=== Section Start ===

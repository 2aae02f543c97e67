//! Folding: rules without the flag for case take the capitals of ASCII for small letters.
//!
//! That a pattern is tried without regard to case is the public specification's ("Recommended
//! checking order"); that only A to Z are folded, byte by byte, is this project's own.

ghost use Rattle.std.specs.Prelude.{◌≡◌, ◌≤◌, IfOk, length, map};
ghost use Rattle.std.specs.List.{common_prefix_len};
ghost use Rattle.mime_base.specs.Matching.Folding.{agrees, compared_byte, folded};

use crate::memory::OutOfMemory;
use std::alloc::Global;

/// A copy in which each of `A` to `Z` is its small letter, and every other byte as it was.
// Always inlined: a small loop, so that the copy is not moved.
#[inline(always)]
pub fn fold(alloc: Global, bytes: &[u8]) -> Result<Vec<u8>, OutOfMemory>
    // The copy is as long, and only the capitals of ASCII are changed.
    ensures { IfOk result (λ text. text.items ≡ map folded bytes.now) }
{
    let mut text = Vec::with_capacity(alloc, bytes.len())?;
    for byte in bytes {
        text.push(fold_byte(*byte))?;
    }
    Ok(text)
}

/// The byte, or the small letter of a capital.
#[inline]
pub fn fold_byte(byte: u8) -> u8
    // The capitals of ASCII become small letters, and every other byte stays.
    ensures { result ≡ folded byte }
{
    if b'A' <= byte && byte <= b'Z' {
        byte + 32
    } else {
        byte
    }
}

/// What is compared of a byte.
#[inline]
pub fn as_compared(cased: bool, byte: u8) -> u8
    // A case-sensitive rule compares the byte as it is, any other folds it.
    ensures { result ≡ compared_byte cased byte }
{
    if cased { byte } else { fold_byte(byte) }
}

/// How many bytes from the front of two texts are compared as equal.
#[inline]
pub fn common_compared(cased: bool, left: &[u8], right: &[u8]) -> usize
    // The two texts are equally long.
    requires { length left.now ≡ length right.now }
    // It is the length of the front on which the texts agree, as they are or folded.
    ensures common { result ≡ common_prefix_len (λ x y. agrees cased (x, y)) left.now right.now }
    // It is no more than their length.
    ensures within { result ≤ length left.now }
{
    for i in 0..left.len() {
        if as_compared(cased, left[i]) != as_compared(cased, right[i]) {
            return i;
        }
    }
    left.len()
}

=== Section End ===

** Task statement **
Your task is to retype the data exactly, with no line missing.

** Answer below **
repository 2aae02f543c97e67
//! Folding: rules without the flag for case take the capitals of ASCII for small letters.
//!
//! That a pattern is tried without regard to case is the public specification's ("Recommended
//! checking order"); that only A to Z are folded, byte by byte, is this project's own.

ghost use Rattle.std.specs.Prelude.{◌≡◌, ◌≤◌, IfOk, length, map};
ghost use Rattle.std.specs.List.{common_prefix_len};
ghost use Rattle.mime_base.specs.Matching.Folding.{agrees, compared_byte, folded};

use crate::memory::OutOfMemory;
use std::alloc::Global;

/// A copy in which each of `A` to `Z` is its small letter, and every other byte as it was.
// Always inlined: a small loop, so that the copy is not moved.
#[inline(always)]
pub fn fold(alloc: Global, bytes: &[u8]) -> Result<Vec<u8>, OutOfMemory>
    // The copy is as long, and only the capitals of ASCII are changed.
    ensures { IfOk result (λ text. text.items ≡ map folded bytes.now) }
{
    let mut text = Vec::with_capacity(alloc, bytes.len())?;
    for byte in bytes {
        text.push(fold_byte(*byte))?;
    }
    Ok(text)
}

/// The byte, or the small letter of a capital.
#[inline]
pub fn fold_byte(byte: u8) -> u8
    // The capitals of ASCII become small letters, and every other byte stays.
    ensures { result ≡ folded byte }
{
    if b'A' <= byte && byte <= b'Z' {
        byte + 32
    } else {
        byte
    }
}

/// What is compared of a byte.
#[inline]
pub fn as_compared(cased: bool, byte: u8) -> u8
    // A case-sensitive rule compares the byte as it is, any other folds it.
    ensures { result ≡ compared_byte cased byte }
{
    if cased { byte } else { fold_byte(byte) }
}

/// How many bytes from the front of two texts are compared as equal.
#[inline]
pub fn common_compared(cased: bool, left: &[u8], right: &[u8]) -> usize
    // The two texts are equally long.
    requires { length left.now ≡ length right.now }
    // It is the length of the front on which the texts agree, as they are or folded.
    ensures common { result ≡ common_prefix_len (λ x y. agrees cased (x, y)) left.now right.now }
    // It is no more than their length.
    ensures within { result ≤ length left.now }
{
    for i in 0..left.len() {
        if as_compared(cased, left[i]) != as_compared(cased, right[i]) {
            return i;
        }
    }
    left.len()
}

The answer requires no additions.